Second, this perspective on ambiguity has also been lacking from discussions of New Testament Christology. In the past several decades there has been a resurgence of interest in what is sometimes called, ‘early high Christology’, which proposes, among other things, that the Christian belief in Jesus’ divinity is not a relatively late development but was present as early as the first generation of Jesus’ disciples.Footnote 76 One drawback, however, has been a failure to recognise that Jesus’ divine identity is often revealed mysteriously. Later statements of Jesus’ identity and mission value precision and clarity, such as the Nicene or Athanasian Creeds or to a lesser extent the Gospel of John. However, other writings, such as the Synoptic Gospels, seem to value maintaining a sense of holy wonder at the revelation of the identity of Jesus. In other words, I do not dispute the arguments that many have made regarding the Synoptics’ indirect divine Christology.Footnote 77 My point is that too many have not reckoned with the fact that this indirectness, this imprecision, is no accident; it is part and parcel of the christological presentation.
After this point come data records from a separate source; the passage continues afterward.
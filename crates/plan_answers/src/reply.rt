//! What is written on a command.
ghost use Rattle.std.specs.Prelude.{◌≡◌, IfOk};
ghost use Rattle.plan_answers.specs.Answers.{refusal};
ghost use Rattle.plan_answers.specs.Replies.{reply_of};

use std::alloc::{AllocError, Global};

/// What is written on a command, whether it is a refusal, and the steps of the run.
#[derive(Drop)]
pub struct Reply {
    /// Lines, each with its line feed.
    pub text: Vec<u8>,
    /// Whether it is a refusal.
    pub refused: bool,
    /// The steps of the run of `once`; 0 for all else.
    pub steps: u64,
}

/// A refusal, of its group, its name and its details.
pub fn refusal(alloc: Global, detail: &[u8]) -> Result<Reply, AllocError>
    ensures { IfOk result (λ reply. reply_of reply ≡ refusal detail.now) }
{
    let mut text = Vec::from_slice(alloc, b"refused ")?;
    text.extend_from_slice(detail)?;
    text.push(b'\n')?;
    Ok(Reply {
        text,
        refused: true,
        steps: 0,
    })
}
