//! What is written on the bytes of a plan and of a range file: what an accepted plan says, or why it is refused.
#![tactic(auto)]

mod check;
mod fronts;
mod places;
mod refusals;
mod reply;

pub use check::{accepted_text, bound_line, check_reply, refused};
pub use fronts::read_both;
pub use reply::{Reply, refusal};
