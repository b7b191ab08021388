//! The runs of a year that are done.
ghost use Rattle.std.specs.Prelude.{◌≡◌, ◌≤◌, ◌++◌, [], ◌∷◌, length, map, take, IfOk, OnOk};
ghost use Rattle.book_year.specs.Kept.{IsOld};
ghost use Rattle.book_year.specs.Rows.{Planned, earlier_of, done_outputs, read_of, year_rows};
ghost use Rattle.book_year.specs.private.ChainClauses.{lent_if};

use crate::chain::Old;
use crate::outcome::{Outcome, State};
use carry_bindings::Earlier;
use limits_file::Items;
use payroll_records::{Day, NamedValue};
use scaled_decimal::Dec;
use std::alloc::{AllocError, Global};

/// What the runs behind a front came to, and what later ones read of all that are done: nothing where no plan reads it.
#[derive(Drop)]
pub(crate) struct Done {
    pub(crate) outcomes: Vec<Outcome>,
    pub(crate) earlier: Vec<Earlier>,
}

impl Done {
    /// Puts one run more behind them. Its outputs are kept for later ones only where these read them.
    pub(crate) fn push(
        &mut self,
        alloc: Global,
        day: Day,
        outcome: Outcome,
        reads: bool,
    ) -> Result<(), AllocError>
        ensures outcomes { OnOk result
            (self.new.outcomes.items ≡ self.old.outcomes.items ++ outcome ∷ []) }
        ensures earlier { OnOk result (self.new.earlier.items
            ≡ self.old.earlier.items ++ lent_if reads (read_of day outcome.state ∷ [])) }
    {
        if reads {
            let outputs = outputs_of(alloc, &outcome.state)?;
            self.earlier.push(Earlier { day, outputs })?;
        }
        Ok(self.outcomes.push(outcome)?)
    }
}

/// What later runs read of the first `count` runs of a year, where they read anything.
pub(crate) fn lent_front(
    alloc: Global,
    old: Old,
    count: usize,
    reads: bool,
) -> Result<Vec<Earlier>, AllocError>
    requires within { count ≤ length old.records.now }
    requires each { length old.outcomes.now ≡ length old.records.now }
    ensures { (planned : Planned) → IsOld planned old.entry → IfOk result (λ read. read.items
        ≡ lent_if reads (map earlier_of (take count (year_rows planned old.entry.records.now)))) }
{
    if reads {
        return front(alloc, old, count);
    }
    Ok(Vec::new(alloc))
}

/// What later runs read of the first `count` runs of a year.
fn front(alloc: Global, old: Old, count: usize) -> Result<Vec<Earlier>, AllocError>
    requires within { count ≤ length old.records.now }
    requires each { length old.outcomes.now ≡ length old.records.now }
    ensures { (planned : Planned) → IsOld planned old.entry → IfOk result (λ read. read.items
        ≡ map earlier_of (take count (year_rows planned old.entry.records.now))) }
{
    let mut earlier = Vec::new(alloc);
    for (at, outcome) in old.outcomes[..count].iter().enumerate() {
        let outputs = outputs_of(alloc, &outcome.state)?;
        let day = old.records[at].day;
        earlier.push(Earlier { day, outputs })?;
    }
    Ok(earlier)
}

/// The first `count` outcomes again.
pub(crate) fn copied(
    alloc: Global,
    outcomes: &[Outcome],
    count: usize,
) -> Result<Vec<Outcome>, AllocError>
    requires { count ≤ length outcomes.now }
    ensures { IfOk result (λ copies. copies.items ≡ take count outcomes.now) }
{
    let mut copies = Vec::new(alloc);
    for outcome in &outcomes[..count] {
        copies.push(copy_of_outcome(alloc, outcome)?)?;
    }
    Ok(copies)
}

/// What later runs read of a state.
fn outputs_of(alloc: Global, state: &State) -> Result<Option<Items<NamedValue>>, AllocError>
    ensures { IfOk result (λ outputs. outputs ≡ done_outputs state.now) }
{
    match state {
        State::Done(outputs) => Ok(Some(copy_of(alloc, outputs)?)),
        _ => Ok(None),
    }
}

/// The same values again.
pub(crate) fn copy_of(
    alloc: Global,
    values: &Items<NamedValue>,
) -> Result<Items<NamedValue>, AllocError>
    ensures { IfOk result (λ copy. copy ≡ values.now) }
{
    Ok(Items::from_vec(Vec::from_slice(alloc, values.as_slice())?))
}

/// The same outcome again.
fn copy_of_outcome(alloc: Global, outcome: &Outcome) -> Result<Outcome, AllocError>
    ensures { IfOk result (λ copy. copy ≡ outcome.now) }
{
    Ok(Outcome {
        plan: outcome.plan,
        inputs: copy_of_inputs(alloc, &outcome.inputs)?,
        state: copy_of_state(alloc, &outcome.state)?,
    })
}

/// The same inputs again, where there are some.
fn copy_of_inputs(
    alloc: Global,
    inputs: &Option<Items<Dec>>,
) -> Result<Option<Items<Dec>>, AllocError>
    ensures { IfOk result (λ copy. copy ≡ inputs.now) }
{
    match inputs {
        None => Ok(None),
        Some(inputs) => Ok(Some(Items::from_vec(Vec::from_slice(alloc, inputs.as_slice())?))),
    }
}

/// The same state again.
fn copy_of_state(alloc: Global, state: &State) -> Result<State, AllocError>
    ensures { IfOk result (λ copy. copy ≡ state.now) }
{
    match state {
        State::NoPlan => Ok(State::NoPlan),
        State::Blocked(why) => Ok(State::Blocked(*why)),
        State::Done(outputs) => Ok(State::Done(copy_of(alloc, outputs)?)),
    }
}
One scholar who understands this well is Richard Hays, who writes regarding the Gospel of Mark:
The man Jesus is somehow – in a way that defies understanding – the God of Israel, present among us as the One whom wind and sea obey, and yet at last nailed to a cross. The community of those to whom this apocalyptic secret is given may dare to speak of this awful mystery only in hints, whispers, and scriptural allusions.… They are the possessors of a secret whose full revelation lies in the future. Mark’s hermeneutical strategy, therefore, is to provide cryptic scriptural pointers that draw the discerning reader into the heart of the eschatological mystery.Footnote 78
Scholars are right to unpack the mysteries contained in scripture. They do well, though, to remember that they are still dealing with mysteries. Being a good reader means recognising that one cannot and should not solve every problem. It means recognising that if readers of scripture are recipients of divine mysteries, then perhaps the best reaction is to follow Mary who ‘stored up all these words, pondering them in her heart’ (Luke 2:19).